Management by Objective(MBO)
Management by Objectives
Advantages of Management by Objectives
1 . Since Management by objectives (MBO) is a result-oriented process and focuses on setting and controlling goals, if encourages managers to do detailed planning.
2. Both the manager and the subordinates know what is expected of them and hence there is no role ambiguity or confusion.
3. The managers are required to establish measurable targets and standards of performance and priorities for these targets. In addition, the responsibilities and authority of the personnel is clearly established.
4. It makes individuals more aware of the company goals. Most often the subordinates are concerned with their own objectives and the environment surrounding them. But with MBO, the subordinates feel proud of being involved in the organizational goals. This improves their morale and commitment.
5. Management by objectives (MBO) often highlights the area in which the employees need further training, leading to career development.
6. The system of periodic evaluation lets the subordinates know how well they are doing. Since MBO puts strong emphasis on quantifiable objectives,the measurement and appraisal can be more objective, specific and equitable.
7. It improves communication between management and subordinates.
Disadvantages of Management by Objectives
1. MBO can only succeed if it has the complete support of the top management.

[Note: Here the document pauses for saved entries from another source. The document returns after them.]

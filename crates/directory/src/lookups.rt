//! What a path leads to.
ghost use Rattle.std.specs.Prelude.{◌≡◌, ◌+◌, ◌≤◌, true, length, Some, None, Ok, Err, IfOk, IfErr, IsErrOf};
ghost use Rattle.fs_types.specs.declared.fault.Fault.TheVariants.{NoEntry, NotDirectory, Damaged};
ghost use Rattle.fs_types.specs.declared.limits.TheConstants.{NODE_ENTRIES};
ghost use Rattle.nodes.specs.Faults.{IsReadFault};
ghost use Rattle.nodes.specs.Words.{LooksWithin};
ghost use Rattle.nodes.specs.Chains.{link_of, chain};
ghost use Rattle.directory.specs.Seeking as seeking;
ghost use Rattle.directory.specs.Lookups as spec;

use crate::trail::find;
use fs_types::{CHAIN_NODES, Fault, MAX_ENTRIES, Name, Path};
use node_format::{Entries, Place};
use nodes::Nodes;

/// The most nodes after the first one of a directory.
pub(crate) const MOST_AFTER: u32 = CHAIN_NODES as u32 - 1;

/// What a path leads to.
#[derive(Clone, Copy, Debug, PartialEq, Eq)]
pub enum Found {
    /// The last component is missing, from a directory that has room for it or as many entries as it may.
    Missing { is_full: bool },
    /// A file, by the block of the last node of its body, and its length in bytes.
    File { head: u32, length: u32 },
    /// A directory, by the block of its first node.
    Dir { block: u32 },
}

impl Found {
    fn of(place: Option<Place>, is_full: bool) -> Self
        ensures { result ≡ spec.found_of place is_full }
    {
        match place {
            None => Found::Missing { is_full },
            Some(Place::File { head, length }) => Found::File { head, length },
            Some(Place::Dir { block }) => Found::Dir { block },
        }
    }
}

/// What one node of a directory says of a name.
#[derive(Clone, Copy)]
struct Sight {
    /// Whether it may come after another node.
    is_later: bool,
    place: Option<Place>,
    count: usize,
    next: u32,
}

/// What the node in a block says of a name.
fn look_at<N: Nodes>(nodes: &mut N, block: u32, name: &Name) -> Result<Sight, Fault>
    requires { N.is_sound nodes.old }

    // What the node says.
    ensures seen { IfOk result (λ s. seeking.Sees (link_of (N.node nodes.old block)) name.now s.is_later s.place s.count s.next) }
    ensures few { IfOk result (λ s. s.count ≤ NODE_ENTRIES) }

    // Why not, and what is read.
    ensures damaged { IsErrOf result Damaged → link_of (N.node nodes.old block) ≡ None }
    ensures calls { LooksWithin N.Nodes IsReadFault 1 nodes.old result nodes.new }
    ensures reads { N.reads nodes.new ≡ N.reads nodes.old + 1 }
{
    nodes.read(block)?;
    let Some((node, split)) = Entries::split(nodes.lent(), name.as_bytes()) else {
        return Err(Fault::Damaged);
    };
    let count = node.list().len();
    Ok(Sight {
        is_later: node.is_chained() && count > 0,
        place: split.found,
        count,
        next: node.next(),
    })
}

/// Whether no node is left to be read: the name was found, or none comes after.
fn is_over(place: Option<Place>, next: u32) -> bool
    ensures { result ≡ seeking.is_over place next }
{
    place.is_some() || next == 0
}

/// What the nodes of a directory say of a name: its place, and how many entries those have that were
/// read.
#[derive(Drop)]
pub(crate) struct Sought {
    place: Option<Place>,
    count: usize,
}

/// What a name leads to in the directory that begins in a block. No node after the one that has the
/// name is read; where none has it, each one is.
fn seek<N: Nodes>(nodes: &mut N, block: u32, name: &Name) -> Result<Sought, Fault>
    requires { N.is_sound nodes.old }

    // What the nodes say.
    ensures found { IfOk result (λ s. spec.place_in (N.node nodes.old) name.now block ≡ Ok s.place) }
    ensures counted { IfOk result (λ s. s.place ≡ None → s.count ≡ length (seeking.chain_items (N.node nodes.old) block)) }

    // Why not, and what is read.
    ensures damaged { IsErrOf result Damaged → spec.place_in (N.node nodes.old) name.now block ≡ Err Damaged }
    ensures calls { LooksWithin N.Nodes IsReadFault (length (chain (N.node nodes.old) block)) nodes.old result nodes.new }
{
    let mut sight = look_at(nodes, block, name)?;
    let mut count = sight.count;
    for _ in 0..MOST_AFTER {
        if is_over(sight.place, sight.next) {
            let place = sight.place;
            return Ok(Sought { place, count });
        }
        sight = look_at(nodes, sight.next, name)?;
        if !sight.is_later {
            return Err(Fault::Damaged);
        }
        count += sight.count;
    }
    if is_over(sight.place, sight.next) {
        let place = sight.place;
        return Ok(Sought { place, count });
    }
    Err(Fault::Damaged)
}

/// What a name leads to in the directory that begins in a block.
pub(crate) fn place_in<N: Nodes>(
    nodes: &mut N,
    block: u32,
    name: &Name,
) -> Result<Option<Place>, Fault>
    requires { N.is_sound nodes.old }

    // What was found.
    ensures found { IfOk result (λ place. spec.place_in (N.node nodes.old) name.now block ≡ Ok place) }

    // Why not, and what is read.
    ensures damaged { IsErrOf result Damaged → spec.place_in (N.node nodes.old) name.now block ≡ Err Damaged }
    ensures calls { LooksWithin N.Nodes IsReadFault (length (chain (N.node nodes.old) block)) nodes.old result nodes.new }
{
    let sought = seek(nodes, block, name)?;
    Ok(sought.place)
}

/// The directory that a place is, for a component that is not the last.
pub(crate) fn directory_at(place: Option<Place>) -> Result<u32, Fault>
    ensures { result ≡ spec.directory_at place }
{
    match place {
        None => Err(Fault::NoEntry),
        Some(Place::File { .. }) => Err(Fault::NotDirectory),
        Some(Place::Dir { block }) => Ok(block),
    }
}

/// What a name leads to in the directory that begins in a block, as the last component of a path. No
/// node after the one that has the name is read.
///
/// Refused with `Damaged` only where no directory begins there, and with what a read is refused with.
pub fn found_in<N: Nodes>(nodes: &mut N, block: u32, name: &Name) -> Result<Found, Fault>
    requires { N.is_sound nodes.old }

    // What was found.
    ensures found { IfOk result (λ found. spec.found_in (N.node nodes.old) name.now block ≡ Ok found) }

    // Why not, and what is read.
    ensures damaged { IsErrOf result Damaged → spec.place_in (N.node nodes.old) name.now block ≡ Err Damaged }
    ensures calls { LooksWithin N.Nodes IsReadFault (length (chain (N.node nodes.old) block)) nodes.old result nodes.new }
{
    let sought = seek(nodes, block, name)?;
    let is_full = sought.count >= MAX_ENTRIES;
    Ok(Found::of(sought.place, is_full))
}

/// What a path below a root leads to. Any content of the nodes is looked up, directories that reach
/// themselves too: of each directory on the way its nodes are read once, at most 32, and none after
/// the one that has the name.
///
/// Refused with `NoEntry` where a component but the last is missing, with `NotDirectory` where one
/// but the last is a file, with `Damaged` where the nodes that are read are those of no directory,
/// and with what a read is refused with.
pub fn lookup<N: Nodes>(nodes: &mut N, root: u32, path: &Path) -> Result<Found, Fault>
    requires { N.is_sound nodes.old }

    // What was found.
    ensures found { IfOk result (λ found. spec.look_up (N.node nodes.old) root path.now ≡ Ok found) }

    // Why not, and what is read.
    ensures refused { IfErr result (λ fault. spec.is_path_fault fault ≡ true → spec.look_up (N.node nodes.old) root path.now ≡ Err fault) }
    ensures calls { LooksWithin N.Nodes spec.IsLookupFault (spec.way_nodes (N.node nodes.old) root path.now) nodes.old result nodes.new }
{
    let (found, _trail) = find(nodes, root, path)?;
    Ok(found)
}

/// In a tree a look up finds what stands at the path, and is refused as POSIX.1-2017 refuses the
/// path; a name found node by node is that of the whole directory; and how many nodes it goes through
/// at most. The function does nothing: its contract is the law.
pub fn lookup_laws()
    ensures told { spec.FindLaw }
    ensures sought { spec.SeekLaw }
    ensures most { spec.MostNodesLaw }
    ensures nodes { spec.TreeNodesLaw }
{}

2. Management by Objectives (MBO) may be resented by subordinates. They may be under pressure to get along with the management when setting goals and objectives and these goals may be set unrealistically high. This may lower their morale and they may become suspicious about the philosophy behind MBO.
They may seriously believe that MBO is just another of the management’s ploys to make the subordinates work harder and become more dedicated and involved. The emphasis in the MBO system is on quantifying the goals and objectives. It does not leave any ground for subjective goals. Some areas are difficult to quantify and even more difficult to evaluate.
3. There is considerable paperwork involved and it takes too much of the manager’s time. Too many meetings and too many reports add to the manager’s responsibility and burden. Some managers may resist the program because of this increased paperwork.
4. The emphasis is more on short-term goals. Since the goals are mostly quantitative in nature, it is difficult to do long-range planning because all the variables affecting the process of planning cannot be accurately forecast due to the constantly changing socio-economic and technological environment which affect the stability of goals.